AI means less business trips and higher interests

AI For Business


AI is set to reduce business travel demand by automating specific meetings and eliminating white-collar work, but smart CFOs could turn compression into opportunities. He advocates the use of “limited value-added” metrics to help businesses optimize their budgets by avoiding spending on low-value trips..


AI will reduce the demand for business trips. For CFOs, if your previous budget is no longer a reliable guide, the challenge is to optimize your travel budget.

Travel-centered AI

Expanding AI use cases on business trips will have plenty of bright spots, including better planning, easier booking, more personalization, faster and friendly chatbots, no-touch payments, automatic funding cost reports, and more. If everything goes well, these travel-centric AI applications will gain a spot in the business travel industry.

Everything is fine, but forgive the yawn. A slightly happy traveler and a slightly cheaper service cost will not move the needle at the strategic value of a business trip.

Zoom out now and consider the wider impact of AI on the business travel industry. The photo is dark for two reasons.

Task compression

AI automates many white-collar tasks that justify face-to-face meetings now. Think about information gathering, perspective sharing, integration, and what-If-If-Planning and Prioritization. What once required three meetings is achieved without AI-assisted research and agents.

Few face-to-face meetings result in fewer legitimate business trips and inevitably fewer travel volumes for travel suppliers.

Compressing jobs

The aging US workforce is projected to shrink by 8% by 2050 under a non-immigration scenario. Companies know that fewer jobs codes for less work – are essential for dealing with smaller talent pools.

Scott Gillespie of Tclara will look into travel policies.Scott Gillespie of Tclara will look into travel policies.
Scott Gillespie, consultant at Tclara

Naturally, AI applications and agents are designed to reduce the need for white-collar workers. McKinsey's 2023 analysis showed that generative AI and related tools automate activities that account for 60% to 70% of employee time, putting a considerable number of white-collar jobs at risk. Ford CEO Jim Farley has recently gone further, predicting that AI could eventually replace half of the US white-collar work.

Since most non-essential business trips are done by white-collar workers, reducing this talent pool with AI agents means reducing the demand for business trips.

Optimists will say that a successful AI economy will ultimately increase the demand for new types of white-collar jobs, offsetting those lost to AI jobs-hungry appetites.

Perhaps, however, it is difficult to see how such AI-driven growth occurs at the roots of the pyramids of white-collar work.

CFO's dilemma

AI can significantly irreversibly reduce business travel.
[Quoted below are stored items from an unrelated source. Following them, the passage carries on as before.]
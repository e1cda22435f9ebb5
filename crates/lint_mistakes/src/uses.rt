//! Predicates that are declared and then never used.

ghost use Rattle.lint_mistakes.specs.NeverUsed as uses;
ghost use Rattle.sexpr_text.specs.Forest.{forest_of};
ghost use Rattle.std.specs.Prelude.{◌≡◌, ◌++◌, IfOk, OnOk};

use crate::mistakes::{Mistake, MistakeKind};
use crate::rows::{section_named, sections_of};
use sexpr_text::{Form, Head, Text, View, begins_with, head_of};
use std::alloc::{AllocError, Global};

/// The predicates of a domain that no action, invariant or goal names, in the order in which they are
/// declared.
pub(crate) fn unused_predicates(
    alloc: Global,
    domain: &[Form],
    problem: &[Form],
) -> Result<Vec<Mistake>, AllocError>
    ensures { IfOk result (λ found. found.items
        ≡ uses.unused_predicates (forest_of domain.now) (forest_of problem.now)) }
{
    let domain = sections_of(domain, b"domain");
    let problem = sections_of(problem, b"problem");
    let declared = section_named(domain, b":predicates");
    let mut found = Vec::new(alloc);
    for form in declared {
        if let View::Group(_span, parts) = form.view() {
            add_unused(domain, problem, parts, &mut found)?;
        }
    }
    Ok(found)
}

/// Adds the predicate that a list with these parts declares, if it is never used.
fn add_unused(
    domain: &[Form],
    problem: &[Form],
    parts: &[Form],
    found: &mut Vec<Mistake>,
) -> Result<(), AllocError>
    ensures { OnOk result (found.new.items ≡ found.old.items
        ++ uses.unused_in_list (forest_of domain.now) (forest_of problem.now)
        (forest_of parts.now)) }
{
    let Head::Word(span, name, _rest) = head_of(parts) else {
        return Ok(());
    };
    if !is_used(name, domain, problem) {
        found.push(Mistake {
            span,
            kind: MistakeKind::NeverUsed,
        })?;
    }
    Ok(())
}

/// Whether an action, the invariant or a goal names the predicate.
fn is_used(name: &Text, domain: &[Form], problem: &[Form]) -> bool
    ensures { result ≡ uses.is_used name.now (forest_of domain.now) (forest_of problem.now) }
{
    domain_uses(name, domain) || goal_uses(name, problem)
}

/// Whether a section of a domain other than `:predicates` has a list that begins with the word.
fn domain_uses(name: &Text, sections: &[Form]) -> bool
    ensures { result ≡ uses.domain_uses name.now (forest_of sections.now) }
{
    for form in sections {
        if let View::Group(_span, parts) = form.view() {
            if is_used_in(name, parts) {
                return true;
            }
        }
    }
    false
}

/// Whether a section of a domain with these parts is another than `:predicates`, and has such a list.
fn is_used_in(name: &Text, parts: &[Form]) -> bool
    ensures { result ≡ uses.section_uses name.now (forest_of parts.now) }
{
    !begins_with(parts, b":predicates") && mentions(name, parts)
}

/// Whether a goal of a problem has a list that begins with the word.
fn goal_uses(name: &Text, sections: &[Form]) -> bool
    ensures { result ≡ uses.goal_uses name.now (forest_of sections.now) }
{
    mentions(name, section_named(sections, b":goal"))
        || mentions(name, section_named(sections, b":ctl-goal"))
}

/// Whether a list of the row, at any depth, begins with the word.
pub fn mentions(name: &Text, row: &[Form]) -> bool
    ensures { result ≡ uses.mentions name.now (forest_of row.now) }
{
    for form in row {
        if let View::Group(_span, parts) = form.view() {
            if begins_with(parts, name.as_bytes()) || mentions(name, parts) {
                return true;
            }
        }
    }
    false
}
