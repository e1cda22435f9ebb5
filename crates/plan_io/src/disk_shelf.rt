//! The shelf over real files: the trusted edge.
ghost use Rattle.std.specs.Prelude.{◌≡◌, ◌≤◌, IfOk, IsErrOf, OnOk, vec_len};
ghost use Rattle.plan_io.specs.Counts.{raised};
ghost use Rattle.plan_io.specs.Held.{Untold};

use crate::shelves::{FetchErr, Shelf};
use std::alloc::Global;
use std::io::Read;
use std::marker::Model;
use std::rt::Files;
use std::{fs, io};

/// Real files, each under its path. It tells nothing of what they hold. Contracts see it as its
/// count of fetches that failed or found no memory, in 64 bits.
#[derive(Drop)]
pub struct DiskShelf<R> {
    files: R,
    faults: u64,
}

impl<R> Model for DiskShelf<R> {
    ghost use Rattle.std.specs.Prelude.{ℕ};

    ghost Value = { ℕ };

    ghost view = { λ s. s.faults };
}

impl<R: Files> DiskShelf<R> {
    /// A shelf over these files, as over a reference to the runtime, with no refusal yet.
    pub fn new(files: R) -> DiskShelf<R>
        ensures { result ≡ 0 }
    {
        DiskShelf { files, faults: 0 }
    }
}

impl<R: Files> Shelf for DiskShelf<R> {
    ghost held = { λ _ _. Untold };

    ghost faults = { λ s. s };

    /// Reads the file at this path, and never more than one byte past the limit. A directory, or a
    /// file that cannot be opened or read, is Failed.
    fn fetch(&mut self, alloc: Global, name: &str, limit: usize) -> Result<Vec<u8>, FetchErr>
        ensures within { IfOk result (λ file. vec_len file ≤ limit) }
        ensures failed { IsErrOf result FetchErr.Failed → self.new ≡ raised self.old }
        ensures no_memory { IsErrOf result FetchErr.Memory → self.new ≡ raised self.old }
        ensures given { OnOk result (self.new ≡ self.old) }
        ensures measured { IsErrOf result FetchErr.TooLong → self.new ≡ self.old }
        ensures later { self.old ≤ self.new }
    {
        match read_front(&self.files, alloc, name, limit) {
            Ok(bytes) if bytes.len() <= limit => Ok(bytes),
            Ok(_) => Err(FetchErr::TooLong),
            Err(error) => {
                self.faults = self.faults.saturating_add(1);
                Err(match error.kind() {
                    io::ErrorKind::OutOfMemory => FetchErr::Memory,
                    _ => FetchErr::Failed,
                })
            }
        }
    }
}

/// The bytes of the file at this path, cut off one byte after the limit.
fn read_front<R: Files>(files: &R, alloc: Global, path: &str, limit: usize) -> io::Result<Vec<u8>> {
    let file = fs::open(files, path)?;
    let mut bytes = Vec::new(alloc);
    file.take((limit as u64).saturating_add(1))
        .read_to_end(&mut bytes)?;
    Ok(bytes)
}
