//! What in the files of a domain and a problem is likely a mistake, each with its place.
//!
//! `mistakes` has the kinds. Each kind is a definition in `specs/` over the forms of the two texts, and
//! what is found is exactly the list that it is: `WrongTypes`, `NeverUsed`, `NeverTrue`, `Copies`,
//! `Idle`, `Equal`.
#![tactic(auto)]

mod alike;
mod copies;
mod equal;
mod finding;
mod idle;
mod mistakes;
mod never_true;
mod places;
mod rows;
mod term_types;
mod uses;
mod vocabulary;
mod wrong_types;

pub use finding::{Files, Mistakes, find_mistakes, forms_of};
pub use mistakes::{Mistake, MistakeKind};
pub use places::{action_named, part_span, span_or};
pub use rows::{after_first, first_list, first_parts, list_after, section_named, sections_of};
pub use uses::mentions;
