//! All that is likely a mistake in two files.

ghost use Rattle.lint_mistakes.specs.Mistakes.{AreMistakes, in_domain, vocabulary};
ghost use Rattle.lint_mistakes.specs.Values.{vocabulary_value};
ghost use Rattle.pddl_ast.specs.Values.{domain_value, problem_value};
ghost use Rattle.sexpr_text.specs.Forest.{forest_of};
ghost use Rattle.sexpr_text.specs.Spelling.{Spells};
ghost use Rattle.std.specs.Prelude.{◌≡◌, ◌≤◌, IfOk, length};

use crate::copies::copied_outcomes;
use crate::equal::equal_parameters;
use crate::idle::idle_effects;
use crate::mistakes::Mistake;
use crate::never_true::unmade_predicates;
use crate::rows::{section_named, sections_of};
use crate::uses::unused_predicates;
use crate::vocabulary::Vocabulary;
use crate::wrong_types::{wrong_types_in_domain, wrong_types_in_problem};
use pddl_ast::{Domain, Problem};
use sexpr_text::{Form, MAX_BYTES, ReadErr, read_forms};
use std::alloc::{AllocError, Global};

/// A domain and a problem of it, and the texts that spell them.
#[derive(Clone, Copy)]
pub struct Files<'a> {
    pub domain: &'a Domain,
    pub problem: &'a Problem,
    pub domain_text: &'a [u8],
    pub problem_text: &'a [u8],
}

/// What is likely a mistake in the file of a domain, and in that of a problem.
#[derive(Drop)]
pub struct Mistakes {
    pub in_domain: Vec<Mistake>,
    pub in_problem: Vec<Mistake>,
}

/// What is likely a mistake in two files.
pub fn find_mistakes(alloc: Global, files: &Files<'_>) -> Result<Mistakes, AllocError>
    requires domain_text { length files.now.domain_text.now ≤ MAX_BYTES }
    requires problem_text { length files.now.problem_text.now ≤ MAX_BYTES }
    ensures { IfOk result (λ found. AreMistakes (domain_value files.now.domain.now)
        (problem_value files.now.problem.now) files.now.domain_text.now files.now.problem_text.now
        found.in_domain.items found.in_problem.items) }
{
    let domain_forms = forms_of(alloc, files.domain_text)?;
    let problem_forms = forms_of(alloc, files.problem_text)?;
    find_in_forms(alloc, files, &domain_forms, &problem_forms)
}

/// The forms that a text spells. Where it has a lexical fault, which the text of a domain or a problem
/// never has, this fails too.
pub fn forms_of(alloc: Global, text: &[u8]) -> Result<Vec<Form>, AllocError>
    requires { length text.now ≤ MAX_BYTES }
    ensures { IfOk result (λ forms. Spells text.now forms.items) }
{
    match read_forms(alloc, text) {
        Ok(forms) => Ok(forms),
        Err(ReadErr::Fault(_fault)) => Err(AllocError),
        Err(ReadErr::Memory) => Err(AllocError),
    }
}

/// What is likely a mistake in two files whose texts spell these forms.
fn find_in_forms(
    alloc: Global,
    files: &Files<'_>,
    domain_forms: &[Form],
    problem_forms: &[Form],
) -> Result<Mistakes, AllocError>
    requires domain { Spells files.now.domain_text.now domain_forms.now }
    requires problem { Spells files.now.problem_text.now problem_forms.now }
    ensures { IfOk result (λ found. AreMistakes (domain_value files.now.domain.now)
        (problem_value files.now.problem.now) files.now.domain_text.now files.now.problem_text.now
        found.in_domain.items found.in_problem.items) }
{
    let words = vocabulary_of(alloc, files, domain_forms);
    let in_domain = domain_mistakes(&words, domain_forms, problem_forms)?;
    let in_problem = wrong_types_in_problem(&words, problem_forms)?;
    Ok(Mistakes {
        in_domain,
        in_problem,
    })
}

/// What the words of two files mean.
fn vocabulary_of<'a>(alloc: Global, files: &Files<'a>, domain_forms: &'a [Form]) -> Vocabulary<'a>
    ensures { vocabulary_value result ≡ vocabulary (domain_value files.now.domain.now)
        (problem_value files.now.problem.now) (forest_of domain_forms.now) }
{
    Vocabulary {
        alloc,
        types: files.domain.type_names.as_slice(),
        parents: files.domain.parents.as_slice(),
        constants: files.domain.constants.as_slice(),
        objects: files.problem.objects.as_slice(),
        predicates: section_named(sections_of(domain_forms, b"domain"), b":predicates"),
    }
}

/// What is likely a mistake in the file of a domain, kind by kind.
fn domain_mistakes(
    words: &Vocabulary<'_>,
    domain: &[Form],
    problem: &[Form],
) -> Result<Vec<Mistake>, AllocError>
    ensures { IfOk result (λ found. found.items ≡ in_domain (vocabulary_value words.now)
        (forest_of domain.now) (forest_of problem.now)) }
{
    let mut found = wrong_types_in_domain(words, domain)?;
    found.extend_from_slice(&unused_predicates(words.alloc, domain, problem)?)?;
    found.extend_from_slice(&unmade_predicates(words.alloc, domain, problem)?)?;
    found.extend_from_slice(&copied_outcomes(words.alloc, domain)?)?;
    found.extend_from_slice(&idle_effects(words.alloc, domain)?)?;
    found.extend_from_slice(&equal_parameters(words, domain)?)?;
    Ok(found)
}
Myopic CFOs can reflexively cut their budgets by using AI-driven trip compression as an excuse not investing in more travel.

However, for long distance CFOs, the size of the travel budget is not a good metric. The real question is whether less travel can create more value. That's the dilemma. They impose dull cuts on their travel budgets or actively manage them to ensure that the remaining trips will produce extraordinary revenue.

This makes it essential to clearly distinguish between low value and high value travel. Pre-trip ratings, along with new CFO-centric travel metrics, are tools for pruning waste, protecting and even amplifying profits from your travel budget.

Optimizing your travel budget

CFO playbooks are easy. By redesigning travel policies, we optimize travel budgets so that all approved trips maximize the impact of travel budgets while meeting company financial and carbon constraints.

The key to optimizing your travel budget is to place dollar value such as marginal value added (MVA) on all future travel. Doing that, the less valuable trips quickly stand out.

Travel MVAs can be found by subtracting the estimated travel costs from the “red line” cost limit. The cost limit for the red line of travel is the answer to the question “What is the most likely thing this trip is costly and still gets approved?” Low value travel can be defined as having an MVA of less than $1,000.

In the future, AI will rigorously assess the need for costly and time-consuming meetings and meetings. Luckily, your travel budget can be optimized today without AI.

The fundamental results

TCLARA's early MVA optimization modeling shows the possibility of reducing travel budgets by a third and eliminating three-quarters of low-value travel. Most importantly, the optimized travel budget has resulted in a slightly larger overall MVA. Therefore, there will be fewer spending, lower emissions, higher value added, and no yawning.

Myopia CFOs are seduced to deposit these impressive savings in the bank and will not reinvest in more travel. Myopia CFOs use MVA metrics to achieve more valuable business goals by strategically reinvesting and relocating their travel budgets.

To your mark

AI will not expand business trips. It compresses it. The challenge for CFOs and travel managers is to randomize cuts or use them in programmes of valued carbon flock travel that prove their value.

The competition to truly optimize your business travel budget is now underway.


This operation was created in collaboration with the Travel Commission of Dime's Editorial Board.